RECORDS FOR THIS EXERCISE >>
--------
// Lower links, previous and next. Where links are made, a block is its row's number, a `usize` as sweeps over rows count: as a `Block` each
// would be narrowed and widened again. Links are read as blocks (`link_at`).
ghost use Rattle.std.specs.Prelude.{◌≡◌, ◌<◌, length, get_or};
ghost use Rattle.columns.specs.Table.{filled};
ghost use Rattle.links.specs.Links.{beside, beyond, nth, lower_link, link_column, link_answer, Frequencies, LinkedBeyond};
ghost use Rattle.links.specs.Split.{reaches};

use numbers::Block;

// The side of a block on which a lower one is looked for.
#[derive(Clone, Copy)]
pub enum Side {
    Previous,
    Next,
}

// The link of a block that has none: the column is lent as numbers, as C has it.
const ABSENT: u32 = 4294967295;

// How many of n blocks lie on a side of block b.
pub(crate) fn beside(side: Side, n: usize, b: usize) -> usize
    requires { b < n }
    ensures { result ≡ beside side n b }
{
    match side {
        Side::Previous => b,
        Side::Next => n - (b + 1),
    }
}

// The block on a side of block b with t blocks between.
pub(crate) fn beyond(side: Side, n: usize, b: usize, t: usize) -> usize
    requires { (b < n) × (t < beside side n b) }
    ensures { result ≡ beyond side b t }
{
    match side {
        Side::Previous => b - (t + 1),
        Side::Next => b + 1 + t,
    }
}

// The link of block b, from the links of the blocks beyond it: a block that is not lower is passed together with all that its own
// link passes. So the column that is filled does the work of a stack.
fn lower_link(freq: &[u32], links: &[u32], b: usize, side: Side) -> u32
    requires { LinkedBeyond side freq.now links.now b }
    ensures { result ≡ lower_link side freq.now b }
{
    let n = freq.len();
    let x = freq[b];
    if beside(side, n, b) == 0 {
        return ABSENT;
    }
    let mut j = beyond(side, n, b, 0);
    while j < n {
        if freq[j] < x {
            return j as u32;
        }
        j = links[j] as usize;
    }
    ABSENT
}

// The block that is linked after t others.
fn nth(side: Side, n: usize, t: usize) -> usize
    requires { t < n }
    ensures { result ≡ nth side n t }
{
    match side {
        Side::Previous => t,
        Side::Next => n - (t + 1),
    }
}

// The lower links of every block on a side, farthest block first. Later rows of the lent column are unchanged.
fn lower_links(freq: &[u32], links: &mut [u32], side: Side)
    requires { Frequencies freq.now (length links.old) }
    ensures { links.new ≡ filled (link_column side freq.now) links.old }
{
    let n = freq.len();
    for t in 0..n {
        let b = nth(side, n, t);
        links[b] = lower_link(freq, links, b, side);
    }
}

// Both columns of lower links. The blocks are those of a list that `check_blocks` has passed.
pub fn prepare(freq: &[u32], prev_lower_freq: &mut [u32], next_lower_freq: &mut [u32])
    requires { Frequencies freq.now (length prev_lower_freq.old) × Frequencies freq.now (length next_lower_freq.old) }
    ensures prev_lower_freq_after { prev_lower_freq.new ≡ filled (link_column Side.Previous freq.now) prev_lower_freq.old }
    ensures next_lower_freq_after { next_lower_freq.new ≡ filled (link_column Side.Next freq.now) next_lower_freq.old }
{
    lower_links(freq, prev_lower_freq, Side::Previous);
    lower_links(freq, next_lower_freq, Side::Next);
}

// The link that a block has.
pub fn link_at(links: &[u32], b: Block) -> Option<Block>
    requires { b.0 < length links.now }
    ensures { result ≡ link_answer (get_or links.now b.0 0) }
{
    let at = b.0 as usize;
    let link = links[at];
    if link == ABSENT {
        return None;
    }
    Some(Block(link))
}

// A block on a side that does not lie beyond the last.
pub fn reaches(side: Side, last: Block, b: Block) -> bool
    ensures { result ≡ reaches side last.0 b.0 }
{
    not_past(side, last.0, b.0)
}

// A number that does not pass a limit.
pub(crate) fn not_past(side: Side, limit: u32, n: u32) -> bool
    ensures { result ≡ reaches side limit n }
{
    match side {
        Side::Previous => limit <= n,
        Side::Next => n <= limit,
    }
}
--------
TASK TO COMPLETE >> Copy out each line of the entries that holds "numbers".

SOLUTION FOR THIS EXERCISE >>
use numbers::Block;
// The link of a block that has none: the column is lent as numbers, as C has it.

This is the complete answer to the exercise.